TORONTO – Buying out Wind Mobile’s European-based majority owner is only the first step and more financing will be needed if the small wireless carrier is to progress to the next level by improving its network and attracting significantly more customers, telecom industry analyst Mark Goldberg said Tuesday.
“It takes money to acquire customers,” Goldberg said after Wind announced its founder had lined up financial backers to buy out the company’s majority partner, VimpelCom, in a deal worth about $300 million
Wind has been doing “pretty well” in acquiring new customers and an “outstanding job” in getting regulatory and legal changes that improve the operating conditions it faces, Goldberg said.
“So now it’s a matter of the marketing team continuing along those lines, going into what is about to be the busiest sales season of the year for carriers,” Goldberg said, referring to the Christmas holiday period. “This is when the wireless industry has its most important sales and efforts.”
Goldberg said Canadian wireless carriers typically spend $200 to $250 per additional subscriber to pay for advertising and marketing, customer support and to subsidize the cost of the customers’ devices.
Tony Lacavera, Wind chairman and CEO and minority owner of its parent Globalive, said in an interview Tuesday that the private equity firms that are backing the proposed buyout of VimpelCom haven’t made specific commitments for future financing.
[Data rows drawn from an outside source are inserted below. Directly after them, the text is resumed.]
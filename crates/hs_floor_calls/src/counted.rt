//! A disk that counts its syncs.
use hs_ports::{Disk, PortFault, Side, Watch};

/// A disk, and how often it was asked to sync.
#[derive(Drop)]
pub(crate) struct Counted<D> {
    disk: D,
    syncs: u64,
}

impl<D: Disk> Counted<D> {
    /// The count begins.
    pub(crate) fn new(disk: D) -> Counted<D> {
        Counted { disk, syncs: 0 }
    }

    /// How often it was asked to sync.
    pub(crate) fn syncs(&self) -> u64 {
        self.syncs
    }
}

impl<D: Disk> Disk for Counted<D> {
    ghost tells = { D.tells };

    ghost size = { λ counted side. D.size counted.disk side };

    ghost stands = { λ counted. D.stands counted.disk };

    ghost faults = { λ counted. D.faults counted.disk };

    ghost fits = { λ counted side. D.fits counted.disk side };

    ghost sized = { λ told counted side. D.sized told counted.disk side };

    ghost since = { λ told counted side m later. D.since told counted.disk side m later };

    ghost stays = { λ told counted side. D.stays told counted.disk side };

    fn len(&mut self, side: Side) -> Result<u64, PortFault> {
        self.disk.len(side)
    }

    fn read(
        &mut self,
        side: Side,
        at: u64,
        max: usize,
        into: &mut Vec<u8>,
    ) -> Result<usize, PortFault> {
        self.disk.read(side, at, max, into)
    }

    fn write_at(
        &mut self,
        watch: &mut Watch,
        side: Side,
        at: u64,
        bytes: &[u8],
    ) -> Result<(), PortFault> {
        self.disk.write_at(watch, side, at, bytes)
    }

    fn cut(&mut self, watch: &mut Watch, side: Side, len: u64) -> Result<(), PortFault> {
        self.disk.cut(watch, side, len)
    }

    fn sync(&mut self, watch: &mut Watch, side: Side) -> Result<(), PortFault> {
        self.syncs = self.syncs.saturating_add(1);
        self.disk.sync(watch, side)
    }
}
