//! A peer's list: what an entry costs, and a list that is emptied or cleared.
use crate::counted::Counted;
use hs_entry::Entry;
use hs_limits::Shape;
use hs_peerlog::{LogFault, PeerLog};
use hs_ports::{Disk, MemoryDisk, Watch};
use std::alloc::Global;
use std::test::Fail;

const SHAPE: Shape = Shape {
    shards: 1,
    copies: 2,
};

/// A blank disk in memory.
fn blank(alloc: Global) -> Counted<MemoryDisk> {
    let empty = Vec::new(alloc);
    Counted::new(MemoryDisk::new(alloc, empty, Vec::new(alloc), Vec::new(alloc)))
}

/// A View is appended to the list of a disk and sealed, and then the list is emptied. How often the
/// first two sync the disk, and the number of the last entry of the empty list.
fn syncs_and_last<D: Disk>(
    alloc: Global,
    disk: &mut Counted<D>,
    watch: &mut Watch,
) -> Result<(u64, u64, u64), LogFault> {
    let mut log = PeerLog::recover(alloc, disk, watch, SHAPE, 1)?;
    let Some(number) = log.last().checked_add(1) else {
        return Err(LogFault::NoMemory);
    };
    let before = disk.syncs();
    log.append(disk, watch, number, &Entry::View { view: 1 })?;
    let between = disk.syncs();
    log.seal(disk, watch)?;
    let behind = disk.syncs();
    log.reset(disk, watch)?;
    Ok((
        between.saturating_sub(before),
        behind.saturating_sub(between),
        log.last(),
    ))
}

/// The same on a blank disk in memory.
fn told_of_an_entry(alloc: Global) -> Result<(u64, u64, u64), LogFault> {
    let mut disk = blank(alloc);
    syncs_and_last(alloc, &mut disk, &mut Watch::new())
}

/// The number of the last entry of a disk that is cleared.
fn last_of_cleared<D: Disk>(
    alloc: Global,
    disk: &mut D,
    watch: &mut Watch,
) -> Result<u64, LogFault> {
    let log = PeerLog::clear(alloc, disk, watch, SHAPE, 1)?;
    Ok(log.last())
}

/// The same of a blank disk in memory.
fn told_of_clearing(alloc: Global) -> Result<u64, LogFault> {
    let mut disk = blank(alloc);
    last_of_cleared(alloc, &mut disk, &mut Watch::new())
}

#[test]
fn a_seal_syncs_twice_and_an_append_does_not(rt: HostRuntime) -> Result<(), Fail> {
    assert_eq!(rt; told_of_an_entry(rt.alloc())?, (0, 2, 0));
    Ok(())
}

#[test]
fn a_disk_is_cleared(rt: HostRuntime) -> Result<(), Fail> {
    assert_eq!(rt; told_of_clearing(rt.alloc())?, 0);
    Ok(())
}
But he said the participation of such sophisticated investors is a “validation” of Wind.
If Wind continues to acquire subscribers at the current pace, build out its network and improve service “that will obviously give investors confidence to continue to finance the company,” Lacavera said.
He said that the company’s priority — if the deal to buy out VimpelCom gets the required government approvals — is to buy wireless spectrum either from other carriers or in the federal auctions of cellular airwaves early next year.
In the long term Wind has to roll out an LTE wireless network, an expensive process that’s already well-advanced at Canada’s three biggest wireless carriers and to do that Wind will require additional spectrum — the radio frequencies that carry voice, video and data traffic.
“Shaw’s got some spectrum out West. Videotron has some spectrum in Ontario, B.C. and Alberta. And Mobilicity has some spectrum,” Lacavera said. “So there’s three parties that are holding spectrum that we could potentially do a deal with.”
“But there are also two upcoming auctions as well,” he added. “So one of these sources is going to have to work out for us and we’re going to assess all of it.”
Goldberg said that in next year’s AWS-3 auction, if Wind participates, it would be the only qualified bidder for some of the spectrum set aside for new entrants — meaning it won’t have to pay more than their opening bid to acquire licences in some areas.
Lacavera, who owns about 35 per cent of Wind Mobile through Globalive, has been attempting to position it as a significant competitor to Canada’s three biggest carriers, which collectively have about 90 per cent of the total subscriber base.
Wind currently has garnered about 750,000 customers, or less than 10 per cent of any of the Big Three: Rogers (TSX:RCI.B), Telus (TSX:T) and BCE’s Bell (TSX:BCE), since it entered the wireless market in 2009.
Lacavera says that Wind offers customers more clarity on the cost of service, since it offers unlimited data plans that avoid overage fees. It also allows customers to hook up their own phones or devices to its network, or buy them through Wind.
“You know, we’re not the fastest. We’re not the cheapest. We’re none of those things. We’re good value for your money and I think we deliver a good, solid customer experience,” Lacavera said.
The new investment group includes West Face Capital, a Toronto-based private equity firm. Other financial partners include Tannenbaum Capital Partners, LG Capital Investors, Serruya Private Equity and Novus Wireless Communications.
Though Wind hasn’t faced the same type of financial problems that pushed other small carriers Mobilicity and Public Mobile into court-supervised protection, it has had difficulty raising funds for capital investments that could speed its growth by allowing it to expand and improve its own network.
Its network is concentrated in populated areas of Ontario, Alberta and British Columbia but requires access to one of the Big three’s national networks or partnerships with other small carriers, and likely will for some time to come.
Barclays telecom analyst Phillip Huang said that a revitalized Wind reduces the chance that Quebecor’s Videotron (TSX:QBR.B) will take the financial risk of expanding beyond its home province of Quebec at this time and take some of the competitive pressure off the three biggest players.
“From a regulatory perspective, it would satisfy the government’s goal to sustain four facilities-based wireless players in each of the major markets (at least through the next federal election in October 2015), potentially lowering the urgency to adopt more disruptive policies.”